**The task**
In the records that come next, find every line with "kept". Return those lines.

*** Opening Data records ***

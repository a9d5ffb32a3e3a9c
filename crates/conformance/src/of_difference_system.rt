//! Least starts and closing walks, worked out from the definitions.
mod closures;

use conflict_matrix::Conflicts;
use constraint_cycles::Mark::{First, Open, Second};
use constraint_cycles::{Mark, Walk};
use difference_system::{Solved, solve};
use samples::links::{conflicts_of, link, linked};
use samples::orders::marked;
use samples::questions::are_asked;
use samples::{CHAIN, PAIR, RING};
use std::process::Abort;
use std::test::Fail;

/// The marks of the last items, the needs of groups 0 to 2, the cycle, and the starts or the walk.
type Case<'a> = (&'a [Mark], [u32; 3], u32, Want<'a>);

#[derive(Clone, Copy)]
enum Want<'a> {
    Starts([u32; 3]),
    Walk(&'a [u8]),
}

/// The three numbers, and the rest of the array.
fn filled(numbers: [u32; 3], rest: u32) -> [u32; 16] {
    let [first, second, third] = numbers;
    let mut array = [rest; 16];
    array[0] = first;
    array[1] = second;
    array[2] = third;
    array
}

fn solution(rt: &impl Abort, want: Want) -> Solved {
    match want {
        Want::Starts(starts) => Solved::Starts(filled(starts, 0)),
        Want::Walk(walk) => Solved::Walk(Walk::new(walk).expect(rt, "a walk")),
    }
}

fn check(rt: &impl Abort, conflicts: &Conflicts, cases: &[Case]) -> Result<(), Fail> {
    for (k, case) in cases.iter().enumerate() {
        let (marks, needs, cycle, want) = *case;
        let order = marked(conflicts, marks)?;
        let needs = filled(needs, 1);
        assert!(rt; are_asked(conflicts, &needs, cycle));
        let found = solve(conflicts, &order, &needs, cycle);
        assert_eq!(rt; found, solution(rt, want), "case {k}");
    }
    Ok(())
}

/// The second one starts when the first one's need and an intergreen of 5 have passed, and both needs
/// and intergreens must fit the cycle: 7 + 5 + 7 + 5 seconds fill one of 24.
#[test]
fn two_groups(rt: HostRuntime) -> Result<(), Fail> {
    let conflicts = conflicts_of(rt.alloc(), PAIR)?;
    check(
        &rt,
        &conflicts,
        &[
            (&[], [34, 17, 1], 60, Want::Walk(&[0, 1])),
            (&[], [33, 17, 1], 60, Want::Starts([0, 38, 0])),
            (&[], [25, 25, 1], 60, Want::Starts([0, 30, 0])),
            (&[], [7, 7, 1], 24, Want::Starts([0, 12, 0])),
            (&[], [7, 7, 1], 23, Want::Walk(&[0, 1])),
        ],
    )
}

/// A step of the ring takes 10 + 3 seconds forth and 10 + 8 back: three fill a cycle of 39 or of 54. Forth
/// B and C start after one step and two, back C and B; with neither order each starts one step after A.
#[test]
fn a_ring_of_three_groups(rt: HostRuntime) -> Result<(), Fail> {
    let conflicts = conflicts_of(rt.alloc(), RING)?;
    check(
        &rt,
        &conflicts,
        &[
            (&[First], [10; 3], 39, Want::Starts([0, 13, 26])),
            (&[First], [10; 3], 38, Want::Walk(&[0, 1, 2])),
            (&[Second], [10; 3], 39, Want::Walk(&[0, 2, 1])),
            (&[Second], [10; 3], 54, Want::Starts([0, 36, 18])),
            (&[Open], [10; 3], 39, Want::Starts([0, 13, 18])),
        ],
    )
}

/// The third group starts 10 seconds after the first one, and the second one 12 after the third: 10, 12
/// and 12 fill a cycle of 34. The lowest group that no green serves closes alone.
#[test]
fn a_chain_with_a_link(rt: HostRuntime) -> Result<(), Fail> {
    let conflicts = linked(rt.alloc(), CHAIN, &[link(0, 2, 10)])?;
    check(
        &rt,
        &conflicts,
        &[
            (&[Second, First], [7; 3], 34, Want::Starts([0, 22, 10])),
            (&[Second, First], [7; 3], 33, Want::Walk(&[0, 2, 1])),
            (&[First, First], [7; 3], 33, Want::Walk(&[0, 1, 2])),
            (&[], [7, 301, 301], 300, Want::Walk(&[1])),
            (&[], [7, 300, 7], 300, Want::Walk(&[0, 1])),
        ],
    )
}

/// A link of a whole number of cycles asks for no wait.
#[test]
fn a_link_of_two_cycles(rt: HostRuntime) -> Result<(), Fail> {
    let conflicts = linked(rt.alloc(), CHAIN, &[link(0, 2, 60)])?;
    check(
        &rt,
        &conflicts,
        &[(&[Second, First], [7; 3], 30, Want::Starts([0, 12, 0]))],
    )
}
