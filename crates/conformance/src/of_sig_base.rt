mod files;
mod memory;
mod outputs;
mod ratios;
mod watched_files;
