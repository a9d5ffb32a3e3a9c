use delay_report::{WideRatio, delay};
use flow_model::Lane;
use samples::questions::is_cycle;
use sig_base::Label;
use std::test::Fail;

/// Arrival, saturation, effective green, cycle, and the delay. In the first row 9 * 35^2 * 1800 over
/// 20 * 60 * 1350, which is 49/4, and 1620 * 450 * 60^2 over 45000 * 18000, which is 81/25. Of 750 as
/// many arrive as can leave, 45000; of 749, 44940. The last two rows are the longest green at the
/// greatest flows and a lane that is all but shut.
type Row = (u32, u32, u32, u32, Option<(u128, u128)>);

const ROWS: [Row; 9] = [
    (450, 1800, 25, 60, Some((1549, 100))),
    (0, 1800, 25, 60, Some((147, 16))),
    (0, 1800, 60, 60, Some((0, 1))),
    (749, 1800, 25, 60, Some((85844367, 52550))),
    (750, 1800, 25, 60, None),
    (751, 1800, 25, 60, None),
    (19933, 20000, 299, 300, Some((973677219, 200330))),
    (19999, 20000, 300, 300, Some((1619919, 1000))),
    (0, 1, 1, 300, Some((268203, 2000))),
];

fn parts(delay: Option<WideRatio>) -> Option<(u128, u128)> {
    let ratio = delay?;
    Some((ratio.num(), ratio.den()))
}

#[test]
fn delays(rt: HostRuntime) -> Result<(), Fail> {
    for (arrival, saturation, effective, cycle, want) in ROWS {
        assert!(rt; arrival <= 20000 && saturation >= 1 && saturation <= 20000);
        assert!(rt; effective >= 1 && effective <= cycle && is_cycle(cycle));
        let lane = Lane {
            label: Label::new(b"A1").ok_or("no label")?,
            group: 0,
            arrival,
            saturation,
            limit: 900,
        };
        assert_eq!(rt; parts(delay(&lane, effective, cycle)), want, "of {arrival}");
    }
    Ok(())
}

#[test]
fn wide_ratios_in_lowest_terms(rt: HostRuntime) {
    let half = WideRatio::new(u128::MAX / 5, u128::MAX / 5 * 2);
    assert!(rt; half.num() == 1 && half.den() == 2);
    let none = WideRatio::new(0, 7);
    assert!(rt; none.num() == 0 && none.den() == 1);
    let kept = WideRatio::new(u128::MAX, 2);
    assert!(rt; kept.num() == u128::MAX && kept.den() == 2);
}
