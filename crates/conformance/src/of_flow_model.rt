use flow_model::{Lane, effective, lane_multiplier, saturation};
use samples::questions::is_cycle;
use sig_base::{GroupTimes, Label, Ratio};
use std::test::Fail;

/// Arrival and limit of a lane with a saturation of 1800, the effective green, the cycle, the
/// multiplier, and the degree of saturation: in the first row 900 * 1800 * 25 over 1000 * 450 * 60, and
/// 450 * 60 over 1800 * 25.
type Row = (u32, u32, u32, u32, Option<(u64, u64)>, (u64, u64));

const ROWS: [Row; 9] = [
    (450, 900, 25, 60, Some((3, 2)), (3, 5)),
    (600, 900, 33, 60, Some((297, 200)), (20, 33)),
    (300, 900, 17, 60, Some((153, 100)), (10, 17)),
    (450, 900, 16, 42, Some((48, 35)), (21, 32)),
    (450, 900, 15, 41, Some((54, 41)), (41, 60)),
    (450, 900, 15, 40, Some((27, 20)), (2, 3)),
    (720, 1000, 8, 20, Some((1, 1)), (1, 1)),
    (100, 900, 7, 34, Some((567, 170)), (17, 63)),
    (0, 900, 25, 60, None, (0, 1)),
];

#[test]
fn multipliers_and_degrees_of_saturation(rt: HostRuntime) -> Result<(), Fail> {
    for (arrival, limit, effective, cycle, multiplier, degree) in ROWS {
        assert!(rt; arrival <= 20000 && limit >= 1 && limit <= 1000);
        assert!(rt; effective >= 1 && effective <= 1000 && is_cycle(cycle));
        let lane = Lane {
            label: Label::new(b"A1").ok_or("no label")?,
            group: 0,
            arrival,
            saturation: 1800,
            limit,
        };
        let want = multiplier.and_then(|(num, den)| Ratio::new(num, den));
        assert_eq!(rt; lane_multiplier(&lane, effective, cycle), want);
        let (num, den) = degree;
        assert_eq!(rt;
            Some(saturation(&lane, effective, cycle)),
            Ratio::new(num, den)
        );
    }
    Ok(())
}

/// More may be lost than is shown: the end gain is added first.
#[test]
fn more_is_lost_than_is_shown(rt: HostRuntime) {
    let times = GroupTimes {
        min_green: 7,
        amber: 3,
        red_amber: 2,
        start_lost: 7,
        end_gain: 3,
        max_green: 300,
    };
    assert_eq!(rt; effective(&times, 5), 1);
}
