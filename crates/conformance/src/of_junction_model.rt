use junction_files::{print, read};
use junction_model::Junction;
use samples::texts::with_cycles;
use samples::{CROSSROADS, EARLY_START, PAIR, RING};
use std::alloc::Global;
use std::test::Fail;

/// The nodes that the search trees of all cycles can have: one leaf at one cycle, 3 nodes at each of 22
/// cycles for one pair without group 0, 7 at each of 37 cycles for one pair and one link, 1023 at each of
/// 81 cycles for nine pairs.
#[test]
fn nodes_of_search_trees(rt: HostRuntime) -> Result<(), Fail> {
    for (text, covers) in [
        (PAIR, 1),
        (RING, 66),
        (EARLY_START, 259),
        (CROSSROADS, 82863),
    ] {
        let junction = read(rt.alloc(), text.as_bytes())?;
        junction.rules();
        assert_eq!(rt; junction.covers(), covers);
    }
    Ok(())
}

fn narrowed(alloc: Global, junction: &Junction, cycle: u32) -> Result<Junction, Fail> {
    if cycle < junction.least_cycle() || cycle > junction.greatest_cycle() {
        return Err(Fail::new("another cycle"));
    }
    Ok(junction.narrow(alloc, cycle)?)
}

/// A junction with one cycle alone is that of the file with this cycle; the early start has a link
/// and a longest green.
#[test]
fn one_cycle_alone(rt: HostRuntime) -> Result<(), Fail> {
    let alloc = rt.alloc();
    for (text, cycle) in [
        (PAIR, 60),
        (EARLY_START, 24),
        (EARLY_START, 60),
        (CROSSROADS, 77),
    ] {
        let junction = read(alloc, text.as_bytes())?;
        let alone = with_cycles(alloc, text, cycle, cycle)?;
        let want = print(alloc, &read(alloc, alone.as_bytes())?)?;
        let seen = print(alloc, &narrowed(alloc, &junction, cycle)?)?;
        assert_eq!(rt; seen.as_slice(), want.as_slice());
    }
    Ok(())
}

*** Closing Data records ***

**Exercise output**
    let kept = WideRatio::new(u128::MAX, 2);
    assert!(rt; kept.num() == u128::MAX && kept.den() == 2);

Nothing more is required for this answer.